To compute the Omori statistics we want to bin the log10 of the number of aftershocks each day following the mainshock and fit a power law equation such as:

$$
\begin{matrix}
N=\frac{A}{(t+\epsilon)^P}, 
\end{matrix}
$$

where t is time in days, N is the number of earthquakes in the 24 hour period, and $\epsilon$ is a small number (fraction of a day) to avoid the singularity at zero time. A and P are the coeffients that we want to find through regression. This power law equation can be linearized by simply taking the log10 of both sides giving:

$$
\begin{matrix}
log_{10}(N)=a - P*log_{10}(t+\epsilon)
\end{matrix}
$$


Note: We will use both the Gutenberg-Richter and the Omori Law statistics computed in Homework 1 in Homework 2 where we will examine the probability of earthquake occurrence and aftershock occurrence following a given mainshock.


In [None]:
#Compute the Omori Data and plot it
epsilon=0.1
maxdays=int(np.max(adays))
t=np.arange(1,maxdays+2,1)

logt=np.log10(t+epsilon)
N=np.zeros(maxdays+1)

for i in range(maxdays+1):
    N[i]=np.count_nonzero(adays == i)
logN=np.log10(N)

fig, ax = plt.subplots()
ax.plot(t-epsilon, N,'b.')
ax.set(xlabel='days after mainshock', ylabel='Number of Earthquakes (log10)',
       title='Omori Law')
ax.grid()
#plt.savefig("hw1_ex4_OmoriStats_linlin.png")
plt.show()

In [None]:
#fit a line to the logN and logt data and then compare in N-t space
p=np.polyfit(logt,logN,1)
logNN=np.polyval(p,logt)
NN=10**logNN

fig, ax = plt.subplots()
ax.plot(t-epsilon, N,'b.',t-epsilon,NN,'r-',linewidth=2)
ax.set(xlabel='days after mainshock', ylabel='Number of Earthquakes (log10)',
       title='Omori Law')
ax.grid()
#plt.savefig("hw1_ex4_OmoriStats_linlin.png")
plt.show()

print(f'a={p[1]:.3f}  P={-p[0]:.3f}')

### Questions

- Which faults were active during Loma Prieta?

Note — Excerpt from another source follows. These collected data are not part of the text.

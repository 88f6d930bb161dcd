//! Rules of conversions, and of operators that keep a value.

ghost use Rattle.std.specs.Prelude.{IfSome};
ghost use Rattle.fir_bits.specs.declared.operators.PrimOp.TheVariants.{Andr, AsSInt, AsUInt, Cvt, Not, Orr, Pad, Shl, Xorr};
ghost use Rattle.fir_fold_rules.specs.working.Rules.{IntegerEquals, SingleEquals};

use crate::operand::Operand;
use crate::rules::first_of;
use crate::term::Term;
use fir_bits::{NumTy, PrimOp};

/// The rules of `pad`.
pub fn pad_rules(ty: NumTy, a: &Operand, n: u128) -> Option<Term>
    ensures { IfSome result (IntegerEquals Pad ty a.now n) }
{
    first_of!(pad_none(ty, a, n), pad_twice(ty, a, n),)
}

/// pad(x, n) = x, where x has n bits or more
fn pad_none(ty: NumTy, a: &Operand, n: u128) -> Option<Term>
    ensures { IfSome result (IntegerEquals Pad ty a.now n) }
{
    if n <= u128::from(a.ty.width) {
        Some(Term::Read(a.read))
    } else {
        None
    }
}

/// pad(pad(x, m), n) = pad(x, n)
fn pad_twice(ty: NumTy, a: &Operand, n: u128) -> Option<Term>
    ensures { IfSome result (IntegerEquals Pad ty a.now n) }
{
    let y = a.integer(PrimOp::Pad)?;
    Some(Term::Integer(PrimOp::Pad, *y, n))
}

/// The rules of `asUInt`.
pub fn unsigned_rules(ty: NumTy, a: &Operand) -> Option<Term>
    ensures { IfSome result (SingleEquals AsUInt ty a.now) }
{
    first_of!(unsigned_none(ty, a), unsigned_kept(ty, a),)
}

/// asUInt(x) = x, of a UInt
fn unsigned_none(ty: NumTy, a: &Operand) -> Option<Term>
    ensures { IfSome result (SingleEquals AsUInt ty a.now) }
{
    if a.is_unsigned() {
        Some(Term::Read(a.read))
    } else {
        None
    }
}

/// asUInt(asSInt(x)) = asUInt(x)
fn unsigned_kept(ty: NumTy, a: &Operand) -> Option<Term>
    ensures { IfSome result (SingleEquals AsUInt ty a.now) }
{
    let y = a.single(PrimOp::AsSInt)?;
    Some(Term::Single(PrimOp::AsUInt, *y))
}

/// The rules of `asSInt`.
pub fn signed_rules(ty: NumTy, a: &Operand) -> Option<Term>
    ensures { IfSome result (SingleEquals AsSInt ty a.now) }
{
    first_of!(signed_none(ty, a), signed_kept(ty, a),)
}

/// asSInt(x) = x, of an SInt
fn signed_none(ty: NumTy, a: &Operand) -> Option<Term>
    ensures { IfSome result (SingleEquals AsSInt ty a.now) }
{
    if a.is_signed() {
        Some(Term::Read(a.read))
    } else {
        None
    }
}

/// asSInt(asUInt(x)) = asSInt(x)
fn signed_kept(ty: NumTy, a: &Operand) -> Option<Term>
    ensures { IfSome result (SingleEquals AsSInt ty a.now) }
{
    let y = a.single(PrimOp::AsUInt)?;
    Some(Term::Single(PrimOp::AsSInt, *y))
}

/// cvt(x) = x, of an SInt
pub fn cvt_none(ty: NumTy, a: &Operand) -> Option<Term>
    ensures { IfSome result (SingleEquals Cvt ty a.now) }
{
    if a.is_signed() {
        Some(Term::Read(a.read))
    } else {
        None
    }
}

/// andr(x) = asUInt(x), of one bit
pub fn andr_bit(ty: NumTy, a: &Operand) -> Option<Term>
    ensures { IfSome result (SingleEquals Andr ty a.now) }
{
    if a.has_width(1) {
        Some(Term::Single(PrimOp::AsUInt, a.read))
    } else {
        None
    }
}

/// orr(x) = asUInt(x), of one bit
pub fn orr_bit(ty: NumTy, a: &Operand) -> Option<Term>
    ensures { IfSome result (SingleEquals Orr ty a.now) }
{
    if a.has_width(1) {
        Some(Term::Single(PrimOp::AsUInt, a.read))
    } else {
        None
    }
}

/// xorr(x) = asUInt(x), of one bit
pub fn xorr_bit(ty: NumTy, a: &Operand) -> Option<Term>
    ensures { IfSome result (SingleEquals Xorr ty a.now) }
{
    if a.has_width(1) {
        Some(Term::Single(PrimOp::AsUInt, a.read))
    } else {
        None
    }
}

/// not(not(x)) = asUInt(x)
pub fn not_twice(ty: NumTy, a: &Operand) -> Option<Term>
    ensures { IfSome result (SingleEquals Not ty a.now) }
{
    let y = a.single(PrimOp::Not)?;
    Some(Term::Single(PrimOp::AsUInt, *y))
}

/// shl(x, 0) = x
pub fn shl_none(ty: NumTy, a: &Operand, n: u128) -> Option<Term>
    ensures { IfSome result (IntegerEquals Shl ty a.now n) }
{
    if n == 0 {
        Some(Term::Read(a.read))
    } else {
        None
    }
}
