//! Rules of comparisons.

ghost use Rattle.std.specs.Prelude.{IfSome};
ghost use Rattle.fir_bits.specs.declared.operators.PrimOp.TheVariants.{Eq, Geq, Gt, Leq, Lt, Neq};
ghost use Rattle.fir_fold_rules.specs.working.Rules.{PairEquals};

use crate::operand::Operand;
use crate::rules::first_of;
use crate::term::Term;
use fir_bits::{NumTy, PrimOp};

/// The rules of `eq`.
pub fn eq_rules(ty: NumTy, a: &Operand, b: &Operand) -> Option<Term>
    ensures { IfSome result (PairEquals Eq ty a.now b.now) }
{
    first_of!(eq_itself(ty, a, b), eq_one(ty, a, b), eq_zero(ty, a, b),)
}

/// eq(x, x) = 1
fn eq_itself(ty: NumTy, a: &Operand, b: &Operand) -> Option<Term>
    ensures { IfSome result (PairEquals Eq ty a.now b.now) }
{
    if a.is_same(b) {
        Some(Term::Number(1))
    } else {
        None
    }
}

/// eq(x, 1) = x, of one bit
fn eq_one(ty: NumTy, a: &Operand, b: &Operand) -> Option<Term>
    ensures { IfSome result (PairEquals Eq ty a.now b.now) }
{
    if a.is_bit() && b.is_number(1) {
        Some(Term::Read(a.read))
    } else {
        None
    }
}

/// eq(x, 0) = not(x), of one bit
fn eq_zero(ty: NumTy, a: &Operand, b: &Operand) -> Option<Term>
    ensures { IfSome result (PairEquals Eq ty a.now b.now) }
{
    if a.is_bit() && b.is_number(0) {
        Some(Term::Single(PrimOp::Not, a.read))
    } else {
        None
    }
}

/// The rules of `neq`.
pub fn neq_rules(ty: NumTy, a: &Operand, b: &Operand) -> Option<Term>
    ensures { IfSome result (PairEquals Neq ty a.now b.now) }
{
    first_of!(neq_itself(ty, a, b), neq_zero(ty, a, b), neq_one(ty, a, b),)
}

/// neq(x, x) = 0
fn neq_itself(ty: NumTy, a: &Operand, b: &Operand) -> Option<Term>
    ensures { IfSome result (PairEquals Neq ty a.now b.now) }
{
    if a.is_same(b) {
        Some(Term::Number(0))
    } else {
        None
    }
}

/// neq(x, 0) = x, of one bit
fn neq_zero(ty: NumTy, a: &Operand, b: &Operand) -> Option<Term>
    ensures { IfSome result (PairEquals Neq ty a.now b.now) }
{
    if a.is_bit() && b.is_number(0) {
        Some(Term::Read(a.read))
    } else {
        None
    }
}

/// neq(x, 1) = not(x), of one bit
fn neq_one(ty: NumTy, a: &Operand, b: &Operand) -> Option<Term>
    ensures { IfSome result (PairEquals Neq ty a.now b.now) }
{
    if a.is_bit() && b.is_number(1) {
        Some(Term::Single(PrimOp::Not, a.read))
    } else {
        None
    }
}

/// The rules of `lt`.
pub fn lt_rules(ty: NumTy, a: &Operand, b: &Operand) -> Option<Term>
    ensures { IfSome result (PairEquals Lt ty a.now b.now) }
{
    first_of!(lt_itself(ty, a, b), lt_zero(ty, a, b),)
}

/// lt(x, x) = 0
fn lt_itself(ty: NumTy, a: &Operand, b: &Operand) -> Option<Term>
    ensures { IfSome result (PairEquals Lt ty a.now b.now) }
{
    if a.is_same(b) {
        Some(Term::Number(0))
    } else {
        None
    }
}

/// lt(x, 0) = 0, of a UInt
fn lt_zero(ty: NumTy, a: &Operand, b: &Operand) -> Option<Term>
    ensures { IfSome result (PairEquals Lt ty a.now b.now) }
{
    if a.is_unsigned() && b.is_number(0) {
        Some(Term::Number(0))
    } else {
        None
    }
}

/// The rules of `geq`.
pub fn geq_rules(ty: NumTy, a: &Operand, b: &Operand) -> Option<Term>
    ensures { IfSome result (PairEquals Geq ty a.now b.now) }
{
    first_of!(geq_itself(ty, a, b), geq_zero(ty, a, b),)
}

/// geq(x, x) = 1
fn geq_itself(ty: NumTy, a: &Operand, b: &Operand) -> Option<Term>
    ensures { IfSome result (PairEquals Geq ty a.now b.now) }
{
    if a.is_same(b) {
        Some(Term::Number(1))
    } else {
        None
    }
}

/// geq(x, 0) = 1, of a UInt
fn geq_zero(ty: NumTy, a: &Operand, b: &Operand) -> Option<Term>
    ensures { IfSome result (PairEquals Geq ty a.now b.now) }
{
    if a.is_unsigned() && b.is_number(0) {
        Some(Term::Number(1))
    } else {
        None
    }
}

/// leq(x, x) = 1
pub fn leq_itself(ty: NumTy, a: &Operand, b: &Operand) -> Option<Term>
    ensures { IfSome result (PairEquals Leq ty a.now b.now) }
{
    if a.is_same(b) {
        Some(Term::Number(1))
    } else {
        None
    }
}

/// gt(x, x) = 0
pub fn gt_itself(ty: NumTy, a: &Operand, b: &Operand) -> Option<Term>
    ensures { IfSome result (PairEquals Gt ty a.now b.now) }
{
    if a.is_same(b) {
        Some(Term::Number(0))
    } else {
        None
    }
}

- What could cause aftershocks to occur on faults other than the mainshock fault?

- How well do the Loma Prieta aftershocks follow the Omori Power Law?

- How well does the estimated P value compare to the range of values given in Lay and Wallace?

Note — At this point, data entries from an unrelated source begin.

//! Rules of `bits`, `head`, `tail` and `cat`.

ghost use Rattle.std.specs.Prelude.{◌≡◌, ◌+◌, ◌<◌, ◌≤◌, IfSome, true};
ghost use Rattle.fir_bits.specs.declared.operators.PrimOp.TheVariants.{Bits, Cat, Head, Shr, Tail};
ghost use Rattle.fir_fold_rules.specs.working.Rules.{IntegerEquals, PairEquals, RangeEquals};

use crate::operand::{Operand, is_same_read};
use crate::rules::first_of;
use crate::term::Term;
use fir_bits::{NumTy, PrimOp};

/// The rules of `bits`.
pub fn bits_rules(ty: NumTy, a: &Operand, n: u128, m: u128) -> Option<Term>
    ensures { IfSome result (RangeEquals Bits ty a.now n m) }
{
    first_of!(
        bits_whole(ty, a, n, m),
        bits_bits(ty, a, n, m),
        bits_low(ty, a, n, m),
        bits_high(ty, a, n, m),
        bits_pad(ty, a, n, m),
        bits_unsigned(ty, a, n, m),
        bits_signed(ty, a, n, m),
        bits_cvt(ty, a, n, m),
    )
}

/// bits(x, w - 1, 0) = asUInt(x)
fn bits_whole(ty: NumTy, a: &Operand, n: u128, m: u128) -> Option<Term>
    ensures { IfSome result (RangeEquals Bits ty a.now n m) }
{
    if is_whole(a.ty, n, m) {
        Some(Term::Single(PrimOp::AsUInt, a.read))
    } else {
        None
    }
}

/// bits(bits(x, h, l), n, m) = bits(x, n + l, m + l)
fn bits_bits(ty: NumTy, a: &Operand, n: u128, m: u128) -> Option<Term>
    ensures { IfSome result (RangeEquals Bits ty a.now n m) }
{
    let inner = a.field()?;
    let high = sum(n, inner.low)?;
    let low = sum(m, inner.low)?;
    Some(Term::Range(PrimOp::Bits, inner.read, high, low))
}

/// bits(cat(x, y), n, m) = bits(y, n, m), within y
fn bits_low(ty: NumTy, a: &Operand, n: u128, m: u128) -> Option<Term>
    ensures { IfSome result (RangeEquals Bits ty a.now n m) }
{
    let y = a.lower()?;
    if is_below(n, a.inner) {
        Some(Term::Range(PrimOp::Bits, *y, n, m))
    } else {
        None
    }
}

/// bits(cat(x, y), n, m) = bits(x, n - w, m - w), within x above the w bits of y
fn bits_high(ty: NumTy, a: &Operand, n: u128, m: u128) -> Option<Term>
    ensures { IfSome result (RangeEquals Bits ty a.now n m) }
{
    let x = a.upper()?;
    if is_above(m, a.inner) {
        let width = u128::from(a.inner.width);
        let high = n.saturating_sub(width);
        let low = m.saturating_sub(width);
        Some(Term::Range(PrimOp::Bits, *x, high, low))
    } else {
        None
    }
}

/// bits(pad(x, w), n, m) = bits(x, n, m), within x
fn bits_pad(ty: NumTy, a: &Operand, n: u128, m: u128) -> Option<Term>
    ensures { IfSome result (RangeEquals Bits ty a.now n m) }
{
    let x = a.integer(PrimOp::Pad)?;
    if is_below(n, a.inner) {
        Some(Term::Range(PrimOp::Bits, *x, n, m))
    } else {
        None
    }
}

/// bits(asUInt(x), n, m) = bits(x, n, m)
fn bits_unsigned(ty: NumTy, a: &Operand, n: u128, m: u128) -> Option<Term>
    ensures { IfSome result (RangeEquals Bits ty a.now n m) }
{
    let x = a.single(PrimOp::AsUInt)?;
    if is_below(n, a.inner) {
        Some(Term::Range(PrimOp::Bits, *x, n, m))
    } else {
        None
    }
}

/// bits(asSInt(x), n, m) = bits(x, n, m)
fn bits_signed(ty: NumTy, a: &Operand, n: u128, m: u128) -> Option<Term>
    ensures { IfSome result (RangeEquals Bits ty a.now n m) }
{
    let x = a.single(PrimOp::AsSInt)?;
    if is_below(n, a.inner) {
        Some(Term::Range(PrimOp::Bits, *x, n, m))
    } else {
        None
    }
}

/// bits(cvt(x), n, m) = bits(x, n, m), within x
fn bits_cvt(ty: NumTy, a: &Operand, n: u128, m: u128) -> Option<Term>
    ensures { IfSome result (RangeEquals Bits ty a.now n m) }
{
    let x = a.single(PrimOp::Cvt)?;
    if is_below(n, a.inner) {
        Some(Term::Range(PrimOp::Bits, *x, n, m))
    } else {
        None
    }
}

/// tail(x, n) = bits(x, w - n - 1, 0)
pub fn tail_bits(ty: NumTy, a: &Operand, n: u128) -> Option<Term>
    ensures { IfSome result (IntegerEquals Tail ty a.now n) }
{
    if is_below(n, a.ty) {
        let high = u128::from(a.ty.width) - n - 1;
        Some(Term::Range(PrimOp::Bits, a.read, high, 0))
    } else {
        None
    }
}

/// head(x, n) = bits(x, w - 1, w - n)
pub fn head_bits(ty: NumTy, a: &Operand, n: u128) -> Option<Term>
    ensures { IfSome result (IntegerEquals Head ty a.now n) }
{
    let width = u128::from(a.ty.width);
    if n >= 1 && n <= width {
        let (high, low) = (width - 1, width - n);
        Some(Term::Range(PrimOp::Bits, a.read, high, low))
    } else {
        None
    }
}

/// shr(x, n) = bits(x, w - 1, n), of a UInt of w bits
pub fn shr_bits(ty: NumTy, a: &Operand, n: u128) -> Option<Term>
    ensures { IfSome result (IntegerEquals Shr ty a.now n) }
{
    if a.is_unsigned() && is_below(n, a.ty) {
        let high = u128::from(a.ty.width) - 1;
        Some(Term::Range(PrimOp::Bits, a.read, high, n))
    } else {
        None
    }
}

/// The rules of `cat`.
pub fn cat_rules(ty: NumTy, a: &Operand, b: &Operand) -> Option<Term>
    ensures { IfSome result (PairEquals Cat ty a.now b.now) }
{
    first_of!(
        cat_first(ty, a, b),
        cat_second(ty, a, b),
        cat_joined(ty, a, b),
    )
}

/// cat(x, y) = asUInt(y), where x has no bits
fn cat_first(ty: NumTy, a: &Operand, b: &Operand) -> Option<Term>
    ensures { IfSome result (PairEquals Cat ty a.now b.now) }
{
    if a.has_width(0) {
        Some(Term::Single(PrimOp::AsUInt, b.read))
    } else {
        None
    }
}

/// cat(x, y) = asUInt(x), where y has no bits
fn cat_second(ty: NumTy, a: &Operand, b: &Operand) -> Option<Term>
    ensures { IfSome result (PairEquals Cat ty a.now b.now) }
{
    if b.has_width(0) {
        Some(Term::Single(PrimOp::AsUInt, a.read))
    } else {
        None
    }
}

/// cat(bits(x, h, m + 1), bits(x, m, l)) = bits(x, h, l)
fn cat_joined(ty: NumTy, a: &Operand, b: &Operand) -> Option<Term>
    ensures { IfSome result (PairEquals Cat ty a.now b.now) }
{
    let upper = a.field()?;
    let lower = b.field()?;
    if is_next(upper.low, lower.high) && is_same_read(&lower.read, &upper.read) {
        Some(Term::Range(PrimOp::Bits, upper.read, upper.high, lower.low))
    } else {
        None
    }
}

/// Whether the bits from `n` down to `m` are all that there are.
fn is_whole(ty: NumTy, n: u128, m: u128) -> bool
    ensures { result ≡ true → (m ≡ 0) × (n + 1 ≡ ty.width) }
{
    m == 0 && n < 128 && n + 1 == u128::from(ty.width)
}

/// Whether there is such a bit.
fn is_below(n: u128, ty: NumTy) -> bool
    ensures { result ≡ true → n < ty.width }
{
    n < u128::from(ty.width)
}

/// Whether there is no such bit.
fn is_above(n: u128, ty: NumTy) -> bool
    ensures { result ≡ true → ty.width ≤ n }
{
    n >= u128::from(ty.width)
}

/// Whether the first number comes behind the second.
fn is_next(next: u128, last: u128) -> bool
    ensures { result ≡ true → next ≡ last + 1 }
{
    next > last && next - last == 1
}

fn sum(a: u128, b: u128) -> Option<u128>
    ensures { IfSome result (λ s. s ≡ a + b) }
{
    a.checked_add(b)
}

#### Lets use the Pre-Loma Prieta daily seismicity rate to assess when the Loma Prieta sequence aftershocks end (trend into the pre-event rate)


In [None]:
#Make a new deep copy of the LP_catalog
PRELP=LP_catalog.copy(deep=True)

#Parse catalog
start_date=pd.datetime(1989,6,18,0,0)
end_date=pd.datetime(1989,10,17,23,59)
PRELP=PRELP[LP_catalog['DateTime'].between(start_date,end_date)]
PRELP=PRELP.reset_index(drop=True)

year,month,day,hour,minute,sec,lat,lon,mag,days = parseCatalog(PRELP)
PRELP

7. How long after the earthquake does the applied Omori Law predict that the aftershock rate falls to the pre-event rate of earthquakes?


In [None]:
#First we want to compute the number of events per day
maxdays=int(np.max(days))
preN=np.zeros(maxdays)

#Count the number of events per day
for i in range(maxdays):
    preN[i]=np.count_nonzero(days == i)

#Compute the mean number of earthquakes per day
meanN=np.mean(preN)
print(f'mean pre-LP events per day {meanN:.1f}')

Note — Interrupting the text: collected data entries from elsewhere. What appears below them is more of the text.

//! Rules of sums, differences, products and quotients, and of operations whose operands may be turned.

ghost use Rattle.std.specs.Prelude.{◌≡◌, IfSome};
ghost use Rattle.fir_bits.specs.declared.operators.PrimOp.TheVariants.{Add, Div, Mul, Rem, Sub};
ghost use Rattle.fir_fold_rules.specs.working.Rules.{PairEquals, commutes};

use crate::operand::Operand;
use crate::rules::first_of;
use crate::term::Term;
use fir_bits::{NumTy, PrimOp};

/// op(n, x) = op(x, n), of a literal n, where the operation commutes
pub fn commuted(op: PrimOp, ty: NumTy, a: &Operand, b: &Operand) -> Option<Term>
    ensures { IfSome result (PairEquals op ty a.now b.now) }
{
    if commutes(op) && a.is_literal() && !b.is_literal() {
        Some(Term::Pair(op, b.read, a.read))
    } else {
        None
    }
}

/// Whether the operands may be turned.
fn commutes(op: PrimOp) -> bool
    ensures { result ≡ commutes op }
{
    matches!(
        op,
        PrimOp::Add
            | PrimOp::Mul
            | PrimOp::And
            | PrimOp::Or
            | PrimOp::Xor
            | PrimOp::Eq
            | PrimOp::Neq
    )
}

/// add(x, 0) = pad(x, w)
pub fn add_zero(ty: NumTy, a: &Operand, b: &Operand) -> Option<Term>
    ensures { IfSome result (PairEquals Add ty a.now b.now) }
{
    if b.is_number(0) {
        Some(Term::Integer(PrimOp::Pad, a.read, u128::from(ty.width)))
    } else {
        None
    }
}

/// The rules of `sub`.
pub fn sub_rules(ty: NumTy, a: &Operand, b: &Operand) -> Option<Term>
    ensures { IfSome result (PairEquals Sub ty a.now b.now) }
{
    first_of!(sub_zero(ty, a, b), sub_itself(ty, a, b),)
}

/// sub(x, 0) = pad(x, w)
fn sub_zero(ty: NumTy, a: &Operand, b: &Operand) -> Option<Term>
    ensures { IfSome result (PairEquals Sub ty a.now b.now) }
{
    if b.is_number(0) {
        Some(Term::Integer(PrimOp::Pad, a.read, u128::from(ty.width)))
    } else {
        None
    }
}

/// sub(x, x) = 0
fn sub_itself(ty: NumTy, a: &Operand, b: &Operand) -> Option<Term>
    ensures { IfSome result (PairEquals Sub ty a.now b.now) }
{
    if a.is_same(b) {
        Some(Term::Number(0))
    } else {
        None
    }
}

/// mul(x, 0) = 0
pub fn mul_zero(ty: NumTy, a: &Operand, b: &Operand) -> Option<Term>
    ensures { IfSome result (PairEquals Mul ty a.now b.now) }
{
    if b.is_number(0) {
        Some(Term::Number(0))
    } else {
        None
    }
}

/// div(x, 0) = 0
pub fn div_zero(ty: NumTy, a: &Operand, b: &Operand) -> Option<Term>
    ensures { IfSome result (PairEquals Div ty a.now b.now) }
{
    if b.is_number(0) {
        Some(Term::Number(0))
    } else {
        None
    }
}

/// rem(x, 0) = 0
pub fn rem_zero(ty: NumTy, a: &Operand, b: &Operand) -> Option<Term>
    ensures { IfSome result (PairEquals Rem ty a.now b.now) }
{
    if b.is_number(0) {
        Some(Term::Number(0))
    } else {
        None
    }
}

result=np.where(N < meanN)
I=result[0][0] #first time preN falls below N
afterEND=t[I]
print(f'Aftershock rate first reaches pre-event level in {afterEND:d} days')

plt.hist(preN,10)
plt.show()

#T=10**((soln[0]-np.log10(daily_rate))/soln[1])  #using the linearized form of Omori Law soln[0] is in log10 units # SOLUTION
#print(f'Time to return to background={T:.1f} days')

### Submission

Save the completed notebook as a `pdf` and upload to becourses.